Enhanced “GrabCut” Tool with Blob Analysis in Segmentation of Blooming Flower Images

Wooi-Nee Tan, Tejamaya Sunday, Yi-Fei Tan Faculty of Engineering, Multimedia University

Jalan Multimedia, 63100 Cyberjaya, Selangor, Malaysia 1wntan@mmu.edu.my

2tejamaya.sunday@yahoo.com 3yftan@mmu.edu.my

Abstract— This paper discusses the enhancement using blob analysis applied to automatic segmentation of “GrabCut” tool [1] for segmenting blooming flowers in color images. The automatic segmentation of “GrabCut” is used to initialize the segmentation, but the results are not effective and there is insufficient separation of foreground and background color distributions. In our proposed work, the segmented “GrabCut” image in RGB format is first converted to a binary image based on the V plane of the HSV color space. The morphology operators combining with set operations are then applied to fill up the holes of blob. This is then followed by blob filtering to eliminate the unwanted connected region. Finally, the segmented binary image is converted back to its RGB form. The proposed enhanced method achieves a more efficient extraction of blooming flower in a complex environment which cannot be trivially eliminated by the automatic segmentation of “GrabCut”. Keywords— image segmentation, GrabCut, blob analysis, morphology operators, set operations, blooming flower images

I. INTRODUCTION In image processing, one of the main tasks is image

segmentation which requires accurate cropping of important features and the deletion of unwanted background information.

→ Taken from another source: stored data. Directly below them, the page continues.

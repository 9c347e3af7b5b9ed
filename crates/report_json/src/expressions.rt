//! Typed expressions.

use crate::patterns::push_typed;
use crate::sites::{push_bool, push_int, push_named};
use cranelift_isle::sema::{Expr, TypeId, VarId};
use report_names::names::NameTables;
use std::alloc::AllocError;
use text_json::Json;

/// Adds a typed expression.
#[cycle(exprs)]
pub(crate) fn push_expr(
    json: &mut Json,
    names: NameTables<'_>,
    expr: &Expr,
) -> Result<(), AllocError> {
    json.begin_object()?;
    match expr {
        Expr::Term(ty, term, arguments) => {
            push_typed(json, names, "term", *ty)?;
            json.key_string("name", names.term(*term))?;
            push_exprs(json, names, arguments)?;
        }
        Expr::Let { ty, bindings, body } => {
            push_typed(json, names, "let", *ty)?;
            push_bindings(json, names, bindings)?;
            json.key("body")?;
            push_expr(json, names, body)?;
        }
        _ => push_leaf(json, names, expr)?,
    }
    json.end()
}

// Adds the arguments of a term.
#[cycle(exprs)]
fn push_exprs(json: &mut Json, names: NameTables<'_>, exprs: &[Expr]) -> Result<(), AllocError> {
    json.begin_list_at("arguments")?;
    for expr in exprs {
        push_expr(json, names, expr)?;
    }
    json.end()
}

// Adds the variables of a let, each with its type and its value.
#[cycle(exprs)]
fn push_bindings(
    json: &mut Json,
    names: NameTables<'_>,
    bindings: &[(VarId, TypeId, Box<Expr>)],
) -> Result<(), AllocError> {
    json.begin_list_at("variables")?;
    for binding in bindings {
        json.begin_object()?;
        json.key_number("variable", binding.0.index())?;
        json.key_string("type", names.ty(binding.1))?;
        json.key("value")?;
        push_expr(json, names, &binding.2)?;
        json.end()?;
    }
    json.end()
}

// Adds what an expression without parts is.
fn push_leaf(json: &mut Json, names: NameTables<'_>, expr: &Expr) -> Result<(), AllocError> {
    match expr {
        Expr::Var(ty, variable) => {
            push_typed(json, names, "variable", *ty)?;
            json.key_number("variable", variable.index())
        }
        Expr::ConstBool(ty, value) => push_bool(json, names, *value, *ty),
        Expr::ConstInt(ty, value) => push_int(json, names, *value, *ty),
        Expr::ConstPrim(ty, name) => {
            push_named(json, "constant", names.sym(*name))?;
            json.key_string("type", names.ty(*ty))
        }
        Expr::Term(..) | Expr::Let { .. } => Ok(()),
    }
}
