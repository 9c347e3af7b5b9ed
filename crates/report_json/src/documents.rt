//! Whole documents.

ghost use Rattle.std.specs.Prelude.{string_bytes, IfOk};
ghost use Rattle.text_json.specs.JsonLine.{IsJsonLine};

use crate::heads::push_all_heads;
use crate::places::LinePlaces;
use crate::reports::push_reports;
use crate::sizes::push_sizes;
use crate::terms::{Shown, push_term};
use crate::typed_rules::TypedForms;
use crate::types::{push_constants, push_types};
use cranelift_isle::environments::{Environments, environments_of};
use cranelift_isle::lower::{Lowered, LoweredTerm};
use cranelift_isle::syntax::{Def, Fault, Files};
use report_names::names::NameTables;
use report_print::report::Report;
use std::alloc::{AllocError, Global};
use text_json::Json;

// The number of the form. It grows where something is taken away or means something else.
const SCHEMA: usize = 1;

/// What a document is made for.
#[derive(Clone, Copy, PartialEq, Eq)]
pub enum DocumentPurpose {
    /// The types, constants, terms, rules and trees of definitions.
    Trees,
    /// Nothing but what is wrong.
    Check,
    /// How large terms are.
    Sizes,
}

/// The document of what is wrong, in one line. Its lists of what definitions have are empty.
pub fn document_of_reports(
    alloc: Global,
    files: &Files,
    reports: &[Report],
    document: DocumentPurpose,
) -> Result<String, AllocError>
    ensures { IfOk result (λ text. IsJsonLine (string_bytes text)) }
{
    let places = LinePlaces::new(alloc, files)?;
    let mut json = begun(alloc)?;
    push_no_entries(&mut json, document)?;
    push_reports(&mut json, &places, "errors", reports)?;
    json.line()
}

/// The document of accepted definitions of which only warnings are asked, in one line.
pub fn document_of_warnings(
    alloc: Global,
    files: &Files,
    warnings: &[Report],
) -> Result<String, AllocError>
    ensures { IfOk result (λ text. IsJsonLine (string_bytes text)) }
{
    let places = LinePlaces::new(alloc, files)?;
    let mut json = begun(alloc)?;
    push_empty(&mut json, "errors")?;
    push_reports(&mut json, &places, "warnings", warnings)?;
    json.line()
}

/// The document of how large the terms of accepted definitions are, in one line.
pub fn document_of_sizes(alloc: Global, lowered: &Lowered) -> Result<String, AllocError>
    ensures { IfOk result (λ text. IsJsonLine (string_bytes text)) }
{
    let mut json = begun(alloc)?;
    push_sizes(alloc, &mut json, lowered)?;
    push_empty(&mut json, "errors")?;
    json.line()
}

/// The document of accepted definitions, in one line: their types and constants, the head of each of their terms, and of each
/// of these terms with rules its sites, its rules and its tree. `defs` are the definitions that were lowered.
pub fn document_of_terms(
    alloc: Global,
    files: &Files,
    defs: &[Def],
    lowered: &Lowered,
    terms: &[&LoweredTerm],
) -> Result<String, AllocError>
    ensures { IfOk result (λ text. IsJsonLine (string_bytes text)) }
{
    let unexpanded = environments_as_written(alloc, defs, lowered)?;
    let places = LinePlaces::new(alloc, files)?;
    let names = NameTables {
        tyenv: &lowered.tyenv,
        terms: &lowered.termenv.terms,
    };
    let typed = TypedForms::new(names, lowered, &unexpanded);
    let shown = Shown {
        alloc,
        names,
        places: &places,
        typed: &typed,
    };
    let mut json = begun(alloc)?;
    push_types(&mut json, names, &places, defs)?;
    push_terms(&mut json, &shown, terms)?;
    push_constants(&mut json, names, &places, defs)?;
    push_all_heads(alloc, &mut json, names, &places)?;
    push_empty(&mut json, "errors")?;
    json.line()
}

// The environments in which internal extractors stand as they are written, where `lowered` has others. None where rules can't
// be typed so.
fn environments_as_written(
    alloc: Global,
    defs: &[Def],
    lowered: &Lowered,
) -> Result<Option<Environments>, AllocError> {
    if !lowered.termenv.expand_internal_extractors {
        return Ok(None);
    }
    match environments_of(alloc, defs, false) {
        Ok(environments) => Ok(Some(environments)),
        Err(Fault::Errors(_)) => Ok(None),
        Err(Fault::Memory(error)) => Err(error),
    }
}

/// A document up to its parts.
pub fn begun(alloc: Global) -> Result<Json, AllocError> {
    let mut json = Json::new(alloc)?;
    json.key_number("schema", SCHEMA)?;
    Ok(json)
}

// Adds the lists of a document, without entries.
fn push_no_entries(json: &mut Json, document: DocumentPurpose) -> Result<(), AllocError> {
    match document {
        DocumentPurpose::Trees => {
            push_empty(json, "types")?;
            push_empty(json, "terms")?;
            push_empty(json, "constants")?;
            push_empty(json, "all_terms")
        }
        DocumentPurpose::Sizes => push_empty(json, "terms"),
        DocumentPurpose::Check => Ok(()),
    }
}

// Adds a list without entries.
fn push_empty(json: &mut Json, key: &str) -> Result<(), AllocError> {
    json.begin_list_at(key)?;
    json.end()
}

fn push_terms(
    json: &mut Json,
    shown: &Shown<'_, '_>,
    terms: &[&LoweredTerm],
) -> Result<(), AllocError> {
    json.begin_list_at("terms")?;
    for term in terms {
        push_term(json, shown, term)?;
    }
    json.end()
}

The importance of image segmentation is obvious as the unwanted information should not remain in the segmented image such that it would affect quantitatively the features to be extracted in image analysis. Our target application of the segmentation technique is to segment the blooming flowers from digital images. The proposed segmentation method would then be incorporated in an automated flower recognition model for further recognition purpose. One of the challenges posed in flowers image segmentation is that the images are captured in natural scene under uncontrolled environment involves variations in viewpoints, occlusions, scale, lighting, background etc. [2,3]. The separation of background and foreground in this class of images is not straightforward due to variation in terms of shape and colors.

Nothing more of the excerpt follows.